To do this, we will create function to generate lists of unique numbers that will serve as the random selector for setting up train/test/validation splits:

In [78]:
def createTVTS(start,total_img:int,step=1,
              valid_frac=0.15,test_frac=0.15,
              replace=False,verbose=True,debug=False):
    '''
    Creates three lists for a train/validation/test split of 
    numbered files, such as patches previously made from 
    a larger image to be used in convolutional neural network 
    workflows.
    
    The training fraction of the output is the remainder of
    the sum of the validation fraction and the testing fraction:
    
    train_frac = 1 - (valid_frac + test_frac)
    
    Default splits are:
        0.7    = 1 - (   .15     +    .15 )
    
    Please ensure that you have a reasonable split amongst these
    three groups.
    
    ----
    Inputs:
    
    >start
    starting number for the image patches
    
    >total_img
    serves both as total size of images in the patch set
    
    >step
    defaults to 1, the step size in creating a list of numbers
    
    >valid_frac
    the fraction of the numbers that will be split into the
    validation set.

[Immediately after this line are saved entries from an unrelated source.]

//! The TCP server: sessions over a hub, each in a thread of its own.
//!
//! To the layer above, `serve_store` accepts connections of a listener and answers each as a
//! session of the store, at most 64 at one time, until it has started the number of sessions that
//! its options name. Then it closes the listener, and once the last session has ended, it returns
//! the ended device. It never has the device itself. Another listener, where there is one, is for
//! sessions that only look up, and one is for peers that ask for the server's numbers.
#![tactic(auto)]

mod anchor;
mod arriving;
mod attending;
mod ending;
mod error;
mod options;
mod pace;
mod parting;
mod peer_socket;
mod purge_state;
mod purger;
mod purging;
mod reports;
mod running;
mod sample;
mod server;
mod task;
mod watching;

pub use anchor::Doubt;
pub use error::RunError;
pub use options::Options;
pub use path_hub::{Ended, Release, Reserved};
pub use reports::{Report, Reports};
pub use running::{System, serve_store};
pub use session_core::Kinds;
pub use status_page::Usage;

Please make the number between 0 and 1
    
    >train_frac
    the fraction of the numbers that will be split into the
    training set. Please make the number between 0 and 1
    
    >replace
    since this function is splitting the numbers, replace defaults
    to False
    
    >verbose
    runs a line of code to check that the splitting was successful
    
    >debug
    helpful print statements to show you what step function is on.
    defaults to not showing these statements
    
    ----
    Outputs:
    
    >train_valid_test_tuple
    a tuple of three lists, containing the train, valid, and
    test list that when combined together are the same size as
    the total_img value
    
    '''
#     create list with each image's number
#     there are `total_img` images each in the fire and nofire datasets
    file_nums=np.arange(start,total_img,step)
    if debug==True:
        print(f'created initial list of size {total_img}')
        
#     create train fraction
    train_frac=1-(valid_frac+test_frac)
    if debug==True:
        print(f'created train_fraction ({train_frac})')
    
#     create train, valid, and test splits    
    trains = np.random.choice(file_nums,
                              size=int(total_img * train_frac),
                              replace=False)
    if debug==True:
        print('created train list')
    
    valids = np.random.choice(np.setdiff1d(file_nums, trains),
                              size=int(total_img * valid_frac),
                              replace=False)
    if debug==True:
        print('created validation list')
    
    tests = np.random.choice(np.setdiff1d(file_nums, np.concatenate((trains, valids))),
                             size=int(total_img * test_frac),
                             replace=False)
    if debug==True:
        print('created test list')
    
    # tests=list(set(file_nums)-set(trains))

    if verbose==True:
        print(f'The size of train ({len(trains)}), validation ({len(valids)}), and tests ({len(tests)}) together is {len(trains)+len(valids)+len(tests)}')
        if debug==True:
            print('printed size of train, validation, and test')
            
    train_valid_test_tuple=(trains,tests,valids)
    if debug==True:
         print('created tuple of train, validation, and test')
    
    return train_valid_test_tuple

In [139]:
# run function
train_valid_test_tuple=createTVTS(start=0,total_img=7760,\
                                  step=1,verbose=True,\
                                  debug=True)
# train_valid_test_tuple

# sanity checks
trains=train_valid_test_tuple[0]
valids=train_valid_test_tuple[1]
tests=train_valid_test_tuple[2]

print(len(trains))
print(len(valids))
print(len(tests))

print(set(trains) & set(valids) & set(tests))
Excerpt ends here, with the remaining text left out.